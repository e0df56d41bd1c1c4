//! A port with its journal: the entries that are kept always tell how the port came to stand where it stands.
ghost use Rattle.std.specs.Prelude.{◌≡◌, ◌≤◌, ◌↔◌, length, None, Some, IfOk, IfErr, OnErr, MatchOption, IsErrOf, IsTrue};
ghost use Rattle.gp_machine.specs.State.{rows_of};
ghost use Rattle.gp_machine.specs.Run.{entry_outcome};
ghost use Rattle.gp_port.specs.Numbers.{GrantsWish};
ghost use Rattle.gp_chassis.specs.Desk.{DeskStands, HasRoom, MayOpen, Serves, ServesInPlace, Cuts, opened, last_kept};
ghost use Rattle.gp_machine.specs.Config.{max_journal_limit};

use crate::fault::ApplyFault;
use gp_journal::{Journal, Piece};
use gp_licence::Licences;
use gp_linear::NeverDropped;
use gp_machine::{Entry, Event, MAX_JOURNAL_LIMIT, PortConfig, Receipt};
use gp_port::{ImageFault, OpenFault, PortCore, PortImage};
use std::alloc::Global;
use std::marker::Model;
use std::sync::ledger::Ledger;

/// A port with its journal. Contracts see how many entries the journal may keep, what it keeps, and where the port
/// stands.
///
/// The entries that are kept always tell how the port came to stand where it stands. There is no `Drop`: a desk ends by
/// `close`.
pub struct PortDesk<L: Ledger> {
    core: PortCore<L>,
    journal: Journal,
    limit: u32,
}

impl<L: Ledger> NeverDropped for PortDesk<L> {}

impl<L: Ledger> Model for PortDesk<L> {
    ghost use Rattle.std.specs.Prelude.{◌≤◌, length};
    ghost use Rattle.gp_machine.specs.Codes.{port_codes};
    ghost use Rattle.gp_machine.specs.contracts.entry.Entry as entry;
    ghost use Rattle.gp_machine.specs.Config.{max_journal_limit};
    ghost use Rattle.gp_chassis.specs.Desk.{DeskState, DeskStands};

    ghost Value = { DeskState };

    ghost coded = { Prim.hlevel (port_codes, entry.the_row.coded) };

    ghost view = { λ d. record {
      limit = d.limit;
      first = d.journal.first;
      base = d.journal.base;
      entries = d.journal.entries;
      state = d.core;
    } };

    ghost invariant = { λ d. DeskStands (record {
      limit = d.limit;
      first = d.journal.first;
      base = d.journal.base;
      entries = d.journal.entries;
      state = d.core;
    })
        × (length d.journal.entries ≤ d.limit)
        × (d.limit ≤ max_journal_limit) };
}

impl<L: Ledger> PortDesk<L> {
    /// Opens a port of this configuration, with a journal that keeps so many entries at most, 1 to `MAX_JOURNAL_LIMIT`.
    /// `OpenFault` says when it is not opened.
    pub fn begin(
        alloc: Global,
        config: &PortConfig,
        journal_limit: u32,
    ) -> Result<PortDesk<L>, OpenFault>
        ensures ok { IfOk result (λ desk. desk ≡ opened journal_limit config.now) }
        ensures limit { IsErrOf result OpenFault.Limit ↔ (MayOpen config.now journal_limit → ⊥) }
    {
        if journal_limit == 0 || journal_limit > MAX_JOURNAL_LIMIT {
            return Err(OpenFault::Limit);
        }
        let core = PortCore::begin(alloc, config)?;
        Ok(PortDesk {
            core,
            journal: Journal::new(alloc),
            limit: journal_limit,
        })
    }

    /// Tells whether the journal may keep an entry more.
    pub fn has_room(&self) -> bool
        ensures { IsTrue result ↔ HasRoom self.now }
    {
        self.journal.entries().len() < self.limit as usize && self.journal.len() < u64::MAX
    }

    /// Makes one step of the port with these licences at hand, and records it. `port` is the number that the receipt
    /// has. What the port leaves of the licences is given back, and all of them where there is a fault:
    /// `JournalFull`, else `OutOfMemory`.
    // Inlined, so that the receipt is made where the caller wants it.
    #[inline(always)]
    pub fn serve(
        &mut self,
        port: u8,
        purse: Licences<L>,
        event: Event,
    ) -> Result<(Receipt, Licences<L>), (ApplyFault, Licences<L>)>
        ensures ok { IfOk result (λ served. Serves self.old self.new port purse event served.0 served.1) }
        ensures err { IfErr result (λ fault. (fault.1 ≡ purse) × (self.new ≡ self.old)) }
        ensures full { IfErr result (λ fault. (fault.0 ≡ ApplyFault.JournalFull) ↔ (HasRoom self.old → ⊥)) }
        ensures some_port { IfErr result (λ fault. fault.0 ≡ ApplyFault.NoPort → ⊥) }
    {
        self.serve_wishing(port, purse, event, None)
    }

    /// Does the same, and hands out the wished number where it is free and one is handed out.
    #[inline(always)]
    pub fn serve_wishing(
        &mut self,
        port: u8,
        purse: Licences<L>,
        event: Event,
        wished: Option<u16>,
    ) -> Result<(Receipt, Licences<L>), (ApplyFault, Licences<L>)>
        ensures ok { IfOk result (λ served. Serves self.old self.new port purse event served.0 served.1) }
        ensures err { IfErr result (λ fault. (fault.1 ≡ purse) × (self.new ≡ self.old)) }
        ensures full { IfErr result (λ fault. (fault.0 ≡ ApplyFault.JournalFull) ↔ (HasRoom self.old → ⊥)) }
        ensures some_port { IfErr result (λ fault. fault.0 ≡ ApplyFault.NoPort → ⊥) }
        ensures wished { IfOk result
            (λ served. GrantsWish purse self.old.state event wished (entry_outcome served.0.entry self.new.state)) }
    {
        match self.serve_in_place(purse, event, wished) {
            Ok((number, rest)) => Ok((self.last_receipt(port, number), rest)),
            Err(fault) => Err(fault),
        }
    }

    /// Makes the step and records it in the journal alone, as the last entry there, and gives the entry's number.
    // The entry is written to the journal once: whoever wants it copies it out, or borrows it there.
    #[inline(always)]
    pub(crate) fn serve_in_place(
        &mut self,
        purse: Licences<L>,
        event: Event,
        wished: Option<u16>,
    ) -> Result<(u64, Licences<L>), (ApplyFault, Licences<L>)>
        ensures ok { IfOk result (λ kept. ServesInPlace self.old self.new purse event wished kept.0 kept.1) }
        ensures err { IfErr result (λ fault. (fault.1 ≡ purse) × (self.new ≡ self.old)) }
        ensures full { IfErr result (λ fault. (fault.0 ≡ ApplyFault.JournalFull) ↔ (HasRoom self.old → ⊥)) }
        ensures some_port { IfErr result (λ fault. fault.0 ≡ ApplyFault.NoPort → ⊥) }
    {
        if !self.has_room() {
            return Err((ApplyFault::JournalFull, purse));
        }
        if self.journal.reserve_one().is_err() {
            return Err((ApplyFault::OutOfMemory, purse));
        }
        let number = self.journal.len();
        let rest = self.journal.record(&mut self.core, purse, event, wished);
        Ok((number, rest))
    }

    /// Gives the receipt of the last entry that the journal keeps, with these numbers of the port and of the entry.
    #[inline(always)]
    pub(crate) fn last_receipt(&self, port: u8, number: u64) -> Receipt
        requires { last_kept self.now ≡ None → ⊥ }
        ensures port { result.port ≡ port }
        ensures number { result.number ≡ number }
        ensures entry { last_kept self.now ≡ Some result.entry }
    {
        match self.last_entry() {
            Some(entry) => Receipt {
                port,
                number,
                entry: *entry,
            },
            None => unreachable!(),
        }
    }

    /// Lends the last entry that the journal keeps, if it keeps one.
    #[inline(always)]
    pub(crate) fn last_entry(&self) -> Option<&Entry>
        ensures { MatchOption result (last_kept self.now ≡ None) (λ entry. last_kept self.now ≡ Some entry.now) }
    {
        self.journal.entries().last()
    }

    /// Hands out what the journal keeps, and begins it anew after that: the next entry has the next number. Memory is
    /// taken for two images of the port; without it nothing changes.
    pub fn cut(&mut self, alloc: Global) -> Result<Piece, ImageFault>
        ensures ok { IfOk result (λ piece. Cuts self.old self.new piece) }
        ensures err { OnErr result (self.new ≡ self.old) }
    {
        let base = self.core.image(alloc)?;
        let to = base.try_clone(alloc)?;
        Ok(self.cut_at(base, to))
    }

    /// Hands out what the journal keeps, and begins it anew after that, with two images of where the port stands. It
    /// takes no memory.
    pub fn cut_at(&mut self, base: PortImage, to: PortImage) -> Piece
        requires base { base ≡ self.old.state }
        requires to { to ≡ self.old.state }
        ensures { Cuts self.old self.new result }
    {
        self.journal.cut(base, to)
    }

    /// Gives the port.
    pub fn core(&self) -> &PortCore<L>
        ensures { result.now ≡ self.now.state }
    {
        &self.core
    }

    /// Gives what the port was opened with.
    pub fn config(&self) -> &PortConfig
        ensures { result.now ≡ self.now.state.config }
    {
        self.core.config()
    }

    /// Gives the journal, which tells how the port came to stand where it stands.
    pub fn journal(&self) -> &Journal
        ensures first { result.now.first ≡ self.now.first }
        ensures base { result.now.base ≡ self.now.base }
        ensures entries { result.now.entries ≡ self.now.entries }
        ensures stands { DeskStands self.now }
        ensures kept { length self.now.entries ≤ max_journal_limit }
    {
        &self.journal
    }

    /// Ends the port, with its journal and the licence of each active unit.
    pub fn close(self) -> (Journal, Licences<L>)
        ensures first { result.0.first ≡ self.first }
        ensures base { result.0.base ≡ self.base }
        ensures entries { result.0.entries ≡ self.entries }
        ensures stands { DeskStands self }
        ensures licences { result.1 ≡ rows_of self.state }
    {
        let PortDesk {
            core,
            journal,
            limit: _,
        } = self;
        (journal, core.close())
    }
}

____

*What to produce*
Take the word "IsErrOf" and find each line of the material that contains it. Copy those lines.

*Finished exercise*
ghost use Rattle.std.specs.Prelude.{◌≡◌, ◌≤◌, ◌↔◌, length, None, Some, IfOk, IfErr, OnErr, MatchOption, IsErrOf, IsTrue};
        ensures limit { IsErrOf result OpenFault.Limit ↔ (MayOpen config.now journal_limit → ⊥) }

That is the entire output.